A non-profit organization representing the residential communities of Cunupia sought judicial review of the decision of the Environmental Management Authority to enter into a consent agreement with a company in respect of the establishment of a concrete batching plant. Residents of the area began formal complaints leading to an investigation by the Environmental Management Authority and the sending of a Notice of Violation. The consent agreement was made following a site visit and the imposition of a fine on the company. The claimants alleged such agreement was unlawful, null and void and of no effect.
 Even the ground of illegality was based ultimately on the right of the public to be consulted before a developer could embark on projects which caused a negative environmental impact.
 Had the deponents disclosed that the batching plant was non-operational, at the time of the application for leave, the Court would undoubtedly have enquired whether the batching plant and by extension the decision of the defendant was the cause of sufferings of the claimants. The Court would have enquired whether it may have been rather the use of the land for stockpiling of aggregate that gave rise to the problems encountered by the claimants. The use of land for the stock piling of aggregate is not an activity requiring a CEC and would have been regarded as unrelated to the impugned decision of the defendant. The Court would have enquired whether an action in nuisance might have better met the needs of the claimants, and whether the claimants‟ action ought to have been directed to the RPN Enterprises Limited rather than at the defendant.
 It is therefore my view that the Court would have treated with the application for leave very differently, had the claimants disclosed that at the critical time the concrete batching plant, though present on the land was not operational. On the principles expounded in Brinks Mat, the claimants have not been frank with the Court. It is therefore my view that their non-disclosure would have affected the Court’s view of the issues which engaged its attention at the application for leave to apply for judicial review. The Court is therefore of the view that on that ground the application ought to be dismissed.
 In the proceedings before this Court, before refusing the application of the Interested Party, the EMA indicated that no EIA was required. In my view, the direct result of this was that Section 35(5) of the Act was not activated in respect of this project and it was not required to be submitted for public comment.
 The EMA then exercised its powers at Section 36 of the Act. At this stage the EMA refused the application for the CEC. In this regard, one encounters a problem of statutory interpretation, in that the EMA in considering all relevant matters, as required by Section 36, could not consider any public comments, as there were none. In my view, it is at this Section that the Court ought to proceed to employ the purposive interpretation to avoid an absurd result.

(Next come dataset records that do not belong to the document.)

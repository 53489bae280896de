use crate::sample_cones::{SPHERE, read_table};
use cone_core::MAX_ENTRY;
use matching_equations::{Coords, DiscCoords, matching_system};
use out_of_memory::NoMemory;
use quad_condition::{Masks, VectorFault, check_vector, clash_list, first_clash};
use std::test::Fail;
use support_bits::Support;

#[test]
fn vectors_of_a_sphere_are_checked(rt: HostRuntime) -> Result<(), Fail> {
    let table = read_table(rt.alloc(), SPHERE)?;
    assert_eq!(rt; table.len(), 1);
    let system = matching_system(rt.alloc(), DiscCoords::STANDARD, &table)?;
    let big = MAX_ENTRY;
    let check = |x: &[u128]| check_vector(Coords::Standard, 1, &system, x).err();
    assert!(rt; check(&[1, 1, 0, 0, 1, 0, 0]).is_none());
    let other = check(&[1, 0, 0, 0, 0, 0, 0]);
    assert!(rt; matches!(other, Some(VectorFault::NotSolution { row: 0 })));
    let clash = check(&[0, 0, 1, 1, 0, 1, 1]);
    assert!(rt;
        matches!(
            clash,
            Some(VectorFault::Clash {
                first: 5,
                second: 6
            })
        )
    );
    let short = check(&[1, 1, 0, 0, 1, 0]);
    assert!(rt; matches!(short, Some(VectorFault::Length { got: 6 })));
    assert!(rt; check(&[0, 0, 0, 0, 0, 0, 0]).is_none());
    let large = check(&[big, big, 0, 0, 0, big, big]);
    assert!(rt; matches!(large, Some(VectorFault::Large { row: 4 })));
    Ok(())
}

#[test]
fn octagons_of_two_tetrahedra_clash(rt: HostRuntime) -> Result<(), NoMemory> {
    let mut x = [0u128; 20];
    x[7] = 1;
    x[17] = 1;
    assert_eq!(rt; first_clash(Coords::Octagon, 2, &x), Some((7, 17)));
    let pairs = clash_list(rt.alloc(), Coords::Quad, 2)?;
    assert_eq!(rt;
        pairs.as_slice(),
        &[(0u32, 1u32), (0, 2), (1, 2), (3, 4), (3, 5), (4, 5)][..]
    );
    assert_eq!(rt; clash_list(rt.alloc(), Coords::Octagon, 2)?.len(), 39);
    Ok(())
}

#[test]
fn clashing_supports_are_reported(rt: HostRuntime) -> Result<(), NoMemory> {
    let alloc = rt.alloc();
    let quads = Masks::new(alloc, Coords::Quad, 1)?;
    let first = Support::of(alloc, &[1, 0, 0])?;
    let last = Support::of(alloc, &[0, 0, 5])?;
    assert!(rt; quads.allows(&first, &first));
    assert!(rt; !quads.allows(&first, &last));
    let octagons = Masks::new(alloc, Coords::Octagon, 2)?;
    let mut x = [0u128; 20];
    x[7] = 1;
    let octagon = Support::of(alloc, &x)?;
    x[7] = 0;
    x[17] = 1;
    let other = Support::of(alloc, &x)?;
    x[17] = 0;
    x[14] = 1;
    let quad = Support::of(alloc, &x)?;
    assert!(rt; octagons.allows(&octagon, &quad));
    assert!(rt; !octagons.allows(&octagon, &other));
    assert!(rt; !octagons.allows(&quad, &other));
    Ok(())
}
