//! The calls of `quad_condition`, each once with its type.
use cone_core::System;
use matching_equations::Coords;
use out_of_memory::NoMemory;
use quad_condition::{Masks, VectorFault, check_vector, clash_list, first_clash};
use std::alloc::Global;
use support_bits::Support;

#[test]
fn calls_have_their_types(_rt: HostRuntime) {
    let _clash_list: fn(Global, Coords, u32) -> Result<Vec<(u32, u32)>, NoMemory> = clash_list;
    let _new: fn(Global, Coords, u32) -> Result<Masks, NoMemory> = Masks::new;
    let _allows: fn(&Masks, &Support, &Support) -> bool = Masks::allows;
    let _first_clash: fn(Coords, u32, &[u128]) -> Option<(u32, u32)> = first_clash;
    let _check_vector: fn(Coords, u32, &System, &[u128]) -> Result<(), VectorFault> = check_vector;
}
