//! The cones, and the tables of small signatures, of several calls.
ghost use Rattle.std.specs.Prelude.{◌≤◌, length};
ghost use Rattle.text_definitions.specs.Text.{max_text};

use cone_core::{Ray, System, read_cone};
use gluing_table::Table;
use signature_codec::read_signature;
use skeleton::Skeleton;
use std::alloc::Global;
use std::process::Abort;
use std::test::Fail;
use text_io::Lexer;

/// The sphere of one tetrahedron.
pub const SPHERE: &[u8] = b"bkaagj";

/// The system that `text` describes.
pub fn cone(rt: &impl Abort, alloc: Global, text: &[u8]) -> Result<System, Fail>
    requires { length text.now ≤ max_text }
{
    let mut lexer = Lexer::new(text);
    assert!(rt; lexer.next_line());
    Ok(read_cone(alloc, &mut lexer).ok().ok_or("no cone")?)
}

/// The table of `signature`.
pub fn read_table(alloc: Global, signature: &[u8]) -> Result<Table, Fail> {
    Ok(read_signature(alloc, signature).ok().ok_or("no signature")?)
}

/// The skeleton of the table of `signature`.
pub fn skeleton_of(alloc: Global, signature: &[u8]) -> Result<Skeleton, Fail> {
    let table = read_table(alloc, signature)?;
    Ok(Skeleton::of(alloc, &table)?)
}

/// The entries of row `i`, or none if there is no such row.
pub fn entries(system: &System, i: u32) -> &[(u32, i32)] {
    if i < system.len() {
        system.row(i).entries()
    } else {
        &[]
    }
}

/// Asserts that `system` has the rows `rows`.
pub fn are_rows(rt: &impl Abort, system: &System, rows: &[&[(u32, i32)]]) {
    assert_eq!(rt; system.len() as usize, rows.len());
    let mut i = 0;
    for row in rows {
        assert_eq!(rt; entries(system, i), *row);
        i = u32::saturating_add(i, 1);
    }
}

/// Asserts that `ray` has the entries `vector`.
pub fn is_ray(rt: &impl Abort, ray: &Ray, vector: &[u128]) {
    assert_eq!(rt; ray.entries(), vector);
}

/// Asserts that `rays` are `vectors`.
pub fn are_rays(rt: &impl Abort, rays: &[Ray], vectors: &[&[u128]]) {
    assert_eq!(rt; rays.len(), vectors.len());
    for (ray, vector) in rays.iter().zip(vectors) {
        is_ray(rt, ray, vector);
    }
}
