use crate::sample_cones::{SPHERE, are_rows, entries, read_table, skeleton_of};
use matching_equations::{Coords, Piece, column, columns, equations, equations_of_table};
use std::test::Fail;

#[test]
fn a_sphere_has_six_rows(rt: HostRuntime) -> Result<(), Fail> {
    let skeleton = skeleton_of(rt.alloc(), SPHERE)?;
    let standard = equations(rt.alloc(), &skeleton, Coords::Standard)?;
    assert_eq!(rt; standard.columns(), 7);
    are_rows(
        &rt,
        &standard,
        &[
            &[(0, -1), (1, 1)],
            &[(5, 1), (6, -1)],
            &[(5, -1), (6, 1)],
            &[(0, 1), (1, -1)],
            &[(1, 1), (2, -1), (4, -1), (6, 1)],
            &[(0, -1), (3, 1), (4, 1), (6, -1)],
        ],
    );
    Ok(())
}

#[test]
fn octagons_are_in_the_same_rows(rt: HostRuntime) -> Result<(), Fail> {
    let table = read_table(rt.alloc(), SPHERE)?;
    let octagon = equations_of_table(rt.alloc(), &table, Coords::Octagon)?;
    assert_eq!(rt; octagon.len(), 6);
    assert_eq!(rt;
        entries(&octagon, 4),
        &[(1u32, 1), (2, -1), (4, -1), (6, 1), (7, 1), (9, -1)][..]
    );
    Ok(())
}

#[test]
fn a_sphere_has_two_rows_in_quads(rt: HostRuntime) -> Result<(), Fail> {
    let skeleton = skeleton_of(rt.alloc(), SPHERE)?;
    let quad = equations(rt.alloc(), &skeleton, Coords::Quad)?;
    assert_eq!(rt; quad.columns(), 3);
    are_rows(&rt, &quad, &[&[(1, -1), (2, 1)], &[(1, 1), (2, -1)]]);
    Ok(())
}

#[test]
fn pieces_have_columns(rt: HostRuntime) {
    assert_eq!(rt; columns(Coords::Quad, 2), 6);
    assert_eq!(rt;
        (
            column(Coords::Standard, 1, Piece::Quad(2)),
            column(Coords::Octagon, 1, Piece::Oct(0)),
            column(Coords::Quad, 1, Piece::Tri(0)),
            column(Coords::Standard, 0, Piece::Tri(4)),
        ),
        (Some(13u32), Some(17u32), None, None)
    );
}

 The stated purpose of the Act is sustainable development, which is the balance between environmental protection and economic development. The Act does not require the EMA to employ the big stick on every developer, but is required to respond to the application for a CEC according to the environmental impact of the proposed activity. As stated above, the application with the least environmental impact requires no CEC at all. The application with the greatest impact requires a CEC and an EIA. If Section 36(1) of the Act is seen through this lens, it must be interpreted as permitting the EMA to consider comments and representations only where they have been required by Section 35(4).
 In this respect, I agree with learned Senior Counsel, Mr. Martineau, that a legitimate expectation cannot be founded on a statutory right. See early authorities on legitimate expectation such as the learning of Lord Diplock in O’Reilly v. Mackman [O’Reilly v. Mackman  3 All ER 1124] and CCSU v. Minister for the Civil Service [CCSU v. Minister for the Civil Service  3 All ER 935]. It can be seen from those authorities that a legitimate expectation arises where the impugned decision does not affect the enforceable rights of the claimant. (See Lord Diplock in CCSU at page 951(j). A legitimate expectation arises therefore, where enforceable rights have ended.
 I therefore respectfully agree with learned Senior Counsel for the defendant that the claimants could not conceive a legitimate expectation on the basis of the clear statutory right which they enjoy by virtue of Section 31 of the Act [Environmental Management Act, Ch. 35:05].
 In summary it is my view that in its decision to enter into a consent agreement with the Interested Party, the EMA acted within its discretion as conferred by the Act. Its actions fell short of the definition of unreasonableness and the impugned decision could not be described as one which was so unreasonable that no reasonable authority would make.
 In this way, it is my view that the decision of the EMA to avoid requiring a new CEC and to enter instead into a Consent Agreement with the Interested Party compromises the policy of the public participation, which is reflected in the Act and enshrined in the National Environmental Policy. It is therefore my view and I hold that the impugned decision, though otherwise flawless, was one that was in conflict with the general policy of the Act.
Although the Court considered the ground of the application ought to be dismissed due to non-disclosure (the deponents did not disclose that at the time of the application for leave, the batching plant was non-operational), it proceeded to consider the grounds of illegality, irrationality and alleged breach of a legitimate expectation. In this regard, it found that the decision to not require a new CEC and to enter into a consent agreement comprised the right of the public to be consulted.